Muhabbeti; sevgi, aşk, sevdâ, dostluk, bağlılık, sohbet, yârenlik etmek anlamlarında kullanıyoruz. Birini sevdiğimizde ona muhabbet besleriz. Sevdiğimizle oturup konuştuğumuzda muhabbet etmiş oluruz. Bir erkek ile bir kadının birbirini tanımasına ve sevmesine vesile olanlara "muhabbet tellâlı" deriz. Ama konu tasavvuf olunca sözcük farklı anlamlar kazanmaya başlar.
Eskiler, muhabbeti, şiddetine göre on dereceye ayırmış. Öncesi ilgi duymak, sonrası muhabbetin şiddetiyle yok olmak olan muhabbet olmaz ise yolculuk da olmaz. Sırayla açıklayalım...
1. MEYL: Sözlükte bir yöne doğru yönelmek, eğilmek, eğik duruma gelmek anlamı verilmiş. Biz ise birine ya da bir şeye yönelmek, sevgi, ilgi göstermek, istek ve arzu duymak anlamlarında kullanıyoruz. Tasavvufta yolun en başındakilere muhib deriz. Muhib, ilgi duyan kişidir. Yolun başı ise ilgi duymaktır. O yüzden;
Âşık oldur kim kılar cânın fedâ cânânına
Meyl-i cânân itmesin her kim ki kıymaz cânına
(Fuzûlî)
İlgi duymaya başladığımız anda yolculuğumuz başlar. Çünkü meyl ile başlayan yolculuğun sonu bu uğurda canını vermektir.

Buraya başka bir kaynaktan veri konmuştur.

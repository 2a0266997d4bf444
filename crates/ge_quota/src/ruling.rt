//! The rule of a rule set that matches.

ghost use Rattle.std.specs.Prelude.{◌≡◌, ◌&&◌, IfOk};
ghost use Rattle.std.specs.Option.{option_map};
ghost use Rattle.ge_model_place.specs.Quotas.{names_user, names, names_host, admits_name, rule_matches, rule_from, rule_of};
ghost use Rattle.ge_quota.specs.Asked.{asked_by};

use crate::asking::Who;
use crate::filtering::{AskedHost, AskedName, AskedUser, is_admitted};
use ge_rows::{Cluster, Filter, Groups, QuotaRow, Rule, Text};
use std::alloc::{AllocError, Global};

fn admits_user(
    alloc: Global,
    cluster: &Cluster,
    who: &Who<'_>,
    filter: &Option<Filter>,
) -> Result<bool, AllocError>
    ensures { IfOk result (λ admitted. admitted
        ≡ admits_name (names_user cluster.now (asked_by who.now)) who.now.user.now filter.now) }
{
    is_admitted(alloc, &AskedUser { cluster, who }, who.user, filter)
}

fn admits_named(alloc: Global, name: &Text, filter: &Option<Filter>) -> Result<bool, AllocError>
    ensures { IfOk result (λ admitted. admitted ≡ admits_name (names name.now) name.now filter.now) }
{
    is_admitted(alloc, &AskedName { name }, name, filter)
}

fn admits_host(
    alloc: Global,
    groups: &Groups,
    host: &Text,
    filter: &Option<Filter>,
) -> Result<bool, AllocError>
    ensures { IfOk result (λ admitted. admitted
        ≡ admits_name (names_host groups.now host.now) host.now filter.now) }
{
    is_admitted(alloc, &AskedHost { groups, host }, host, filter)
}

// Whether each filter of a rule admits.
fn is_match(
    alloc: Global,
    cluster: &Cluster,
    groups: &Groups,
    who: &Who<'_>,
    rule: &Rule,
) -> Result<bool, AllocError>
    ensures { IfOk result (λ matched. matched
        ≡ rule_matches cluster.now groups.now (asked_by who.now) rule.now) }
{
    Ok(
        admits_user(alloc, cluster, who, &rule.users)?
            && admits_named(alloc, who.project, &rule.projects)?
            && admits_named(alloc, who.pe, &rule.pes)?
            && admits_named(alloc, who.queue, &rule.queues)?
            && admits_host(alloc, groups, who.host, &rule.hosts)?,
    )
}

/// A rule with its number in its set, from 1.
#[derive(Clone, Copy)]
pub struct Numbered<'a> {
    /// The number.
    pub number: usize,
    /// The rule.
    pub rule: &'a Rule,
}

fn first_match<'a>(
    alloc: Global,
    cluster: &Cluster,
    groups: &Groups,
    who: &Who<'_>,
    rules: &'a [Rule],
) -> Result<Option<Numbered<'a>>, AllocError>
    ensures { IfOk result (λ found. option_map (λ r. (r.number, r.rule.now)) found
        ≡ rule_from cluster.now groups.now (asked_by who.now) 1 rules.now) }
{
    for (index, rule) in rules.iter().enumerate() {
        if is_match(alloc, cluster, groups, who, rule)? {
            let number = index + 1;
            return Ok(Some(Numbered { number, rule }));
        }
    }
    Ok(None)
}

/// The first rule of a rule set that matches; one that isn't enabled has none (sge_resource_quota).
pub fn matching_rule<'a>(
    alloc: Global,
    cluster: &Cluster,
    groups: &Groups,
    who: &Who<'_>,
    row: &'a QuotaRow,
) -> Result<Option<Numbered<'a>>, AllocError>
    ensures { IfOk result (λ found. option_map (λ r. (r.number, r.rule.now)) found
        ≡ rule_of cluster.now groups.now (asked_by who.now) row.now) }
{
    if row.enabled {
        first_match(alloc, cluster, groups, who, row.rules.items())
    } else {
        Ok(None)
    }
}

2. ARZU: Meyl, irâdeye yükselirse arzu adını alır. İrâdeye yükselmesi ise yâri istemek ile olur. Ama bunun da bir bedeli vardır.
Cân la’lin eyler arzû yâr içmek ister kanımı
Yârâb ne vâdîdir bu kim cân teşne cânân teşnedir
(Bâkî)
3. SAHÂBET: Benimseyip koruma, kayırma suretiyle sâhiplenme, sâhip çıkma anlamlarında kullandığımız sözcük, Arapça olmasına karşın anlamını Türkçe'de kazanmış. Kişinin arzu ettiği kişiye karşı, gönlünden bir akış, bir eğilim peyda olması sonucunda da korumaya, sahiplenmeye başlar.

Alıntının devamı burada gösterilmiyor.